I am trying to better understand the importance of full rank exponential families of distributions i.e. a family of populations dominated by a $\sigma$-finite measure such that the radon-nykodym derivative can be written as
$$ f_\theta(x)=h(x)e^{\eta(\theta)^tT(x)-\zeta(\theta)} $$
I am trying to understand why the statistic $T(x)$ is minimally sufficient only when the family of populations $f_\theta$ is of full rank i.e that there exists an open set within the parameter space of our family of populations. What happens if full rank is not satisfied?
First recall that the set of all possible values of $\eta$ is convex, i.e. all values of $\eta$ on a straight line between two such possible values is another such possible value.

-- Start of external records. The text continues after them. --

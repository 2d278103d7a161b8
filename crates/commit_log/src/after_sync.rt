// What the sync of its file makes of a log, whoever asked for it: the call on one log, or one that makes several files safe.
ghost use Rattle.std.specs.Prelude.{◌≡◌, ◌++◌, [], ◌∷◌, ℕ, List};
ghost use Rattle.site_model.specs.History.{Change, synced, Leaves};
ghost use Rattle.commit_log.specs.declared.header.Header.{Header};
ghost use Rattle.commit_log.specs.States.{IsResting, IsBodied, IsSynced, IsGated, IsBrokenBody, IsBrokenGate, HasFrames};

use crate::states::{Bodied, BrokenBody, BrokenGate, Gated, Resting, Synced};

impl Bodied {
    /// The log once its file was synced. No crash leaves the frame.
    pub fn synced(self) -> Synced
        ensures place { (result.file ≡ self.file) × (result.gate ≡ self.gate)
            × (result.next ≡ self.next) }
        ensures during { (h : Header) (payloads : List (List ℕ)) (payload : List ℕ)
            (changes : List Change) → IsBodied changes h payloads payload self.gate self.next
            → (image : List ℕ) → Leaves (synced ∷ changes) image
            → HasFrames h payloads self.gate image }
        ensures after { (h : Header) (payloads : List (List ℕ)) (payload : List ℕ)
            (changes : List Change) → IsBodied changes h payloads payload self.gate self.next
            → IsSynced (synced ∷ changes) h payloads payload result.gate result.next }
    {
        let Bodied { file, gate, next } = self;
        Synced { file, gate, next }
    }

    /// The log once a sync of its file failed, which then happened or didn't.
    pub fn failed(self) -> BrokenBody
        ensures place { (result.file ≡ self.file) × (result.gate ≡ self.gate)
            × (result.next ≡ self.next) }
        ensures after { (h : Header) (payloads : List (List ℕ)) (payload : List ℕ)
            (changes : List Change) → IsBodied changes h payloads payload self.gate self.next
            → IsBrokenBody changes h payloads result.gate
            × IsBrokenBody (synced ∷ changes) h payloads result.gate }
    {
        let Bodied { file, gate, next } = self;
        BrokenBody { file, gate, next }
    }
}

impl Gated {
    /// The log once its file was synced: at rest behind the frame.
    pub fn settled(self) -> Resting
        ensures place { (result.file ≡ self.file) × (result.gate ≡ self.next) }
        ensures after { (h : Header) (payloads : List (List ℕ)) (payload : List ℕ)
            (changes : List Change) → IsGated changes h payloads payload self.gate self.next
            → IsResting (synced ∷ changes) h (payloads ++ payload ∷ []) result.gate }
    {
        let Gated {
            file,
            gate: _,
            next,
        } = self;
        Resting { file, gate: next }
    }

    /// The log once a sync of its file failed, which then happened or didn't.
    pub fn failed(self) -> BrokenGate
        ensures place { (result.file ≡ self.file) × (result.gate ≡ self.gate)
            × (result.next ≡ self.next) }
        ensures after { (h : Header) (payloads : List (List ℕ)) (payload : List ℕ)
            (changes : List Change) → IsGated changes h payloads payload self.gate self.next
            → IsBrokenGate changes h payloads payload result.gate result.next
            × IsBrokenGate (synced ∷ changes) h payloads payload result.gate result.next }
    {
        let Gated { file, gate, next } = self;
        BrokenGate { file, gate, next }
    }
}
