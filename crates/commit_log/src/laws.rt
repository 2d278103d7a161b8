// Laws of the definitions. Each is the contract of a function that does nothing.
ghost use Rattle.std.specs.Prelude.{◌≡◌, ◌+◌, ◌<◌, ◌^◌, ℕ, List, length, drop};
ghost use Rattle.commit_log.specs.declared.header.Header.{Header};
ghost use Rattle.commit_log.specs.Segment.{reading_of, segment, damaged};
ghost use Rattle.commit_log.specs.Frames.{closed, wrong, found_at, HasRead};

/// Reading frame by frame comes to what reading the whole file does: at a closed gate to the segment before it, and
/// at a gate with no whole frame to the same damage.
pub fn the_frames_are_the_whole()
    ensures ends { (content : List ℕ) (header : Header) (payloads : List (List ℕ)) (gate : ℕ)
        → HasRead content header payloads gate → gate + 1 < 2 ^ 31
        → found_at gate (drop gate content) ≡ closed
        → reading_of content ≡ segment header payloads gate }
    ensures breaks { (content : List ℕ) (header : Header) (payloads : List (List ℕ))
        (gate offset : ℕ) → HasRead content header payloads gate → gate + 1 < 2 ^ 31
        → gate < length content → found_at gate (drop gate content) ≡ wrong offset
        → reading_of content ≡ damaged offset }
{}
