//! Laws. The functions do nothing.

ghost use Rattle.std.specs.Prelude.{ℕ, List};
ghost use Rattle.client_order.specs.Clashes.{taken_in, NoClash};
ghost use Rattle.flow_syntax.specs.Syntax.{Flows};
ghost use Rattle.many_logs.specs.Placing.{Commit};
ghost use Rattle.many_logs.specs.Stands.{AreKept};
ghost use Rattle.open_laws.specs.Standing.{MayMeet, StandFor};
ghost use Rattle.open_logs.specs.Spent.{WhyUnopened};
ghost use Rattle.open_logs.specs.declared.error.OpenError.{OpenError};
ghost use Rattle.request_reader.specs.Line.{Request};

/// Log files that stand for a run in which nothing clashes with the requests aren't refused: where they aren't opened, the disk failed,
/// memory ran out, or a partition's incarnations are used up.
#[tactic(auto, using(crate::proofs::Opens::may_meet))]
pub fn standing_files_are_opened()
    ensures { (flows : Flows) (count digest : ℕ) (files : ℕ → List ℕ) (requests : List Request)
        → StandFor flows count digest files requests → (error : OpenError)
        → WhyUnopened flows count digest files requests error → MayMeet error }
{}

/// Files that keep entries which were accepted in some order stand for a run; nothing clashes in it where nothing clashes with what the
/// states have taken that these entries make.
pub fn kept_files_stand()
    ensures { (flows : Flows) (count digest : ℕ) (files : ℕ → List ℕ) (requests : List Request)
        (commits : List Commit) (kept : AreKept flows count digest files commits)
        → NoClash (taken_in count kept.states) requests
        → StandFor flows count digest files requests }
{}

The set of possible values of $\eta$ is that set $H\subseteq \mathbb R^p$ for which, if $\eta\in H$ then $$ \int_D h(x) \exp(\eta \cdot T(x) - A(\eta)) \,dx < +\infty. $$ Suppose $\eta_1,\eta_2\in H$ and $w_1,w_2\ge0$ and $w_1+w_2=1,$ so that $w_1\eta_1+w_2\eta_2 \in H.$ Then \begin{align} & \exp((w_1\eta_1+w_2\eta_2)\cdot T(x) -A(\eta)) \\[8pt] \le {} & w_1\exp(\eta_1\cdot T(x)-A(\eta)) + w_2 \exp(\eta_2\cdot T(x) - A(\eta)). \end{align} Consequently the integral with this weighted average in place of $\eta$ is finite, so the weighted average is within the parameter space $H.$
Next recall that a convex subset $H$ of a Euclidean space $\mathbb R^p$ includes some open subset of the smallest affine subspace of which $H$ is a subset.
Thus if $H$ includes no open subset of $\mathbb R^p,$ then $H$ is included within some affine subspace of lower-dimension, say $q.$ So here you have a $p$-tuble of real numbers constrained to lie in a $q$-dimensional affine subspace. Consequently a point in $H$ is determined by a $q$-tuple of scalars. Thus there should be a sufficient statistic with only $q$ scalar components. Some of the scalar components of $T$ are either determined by some others or else are not necessary statistics.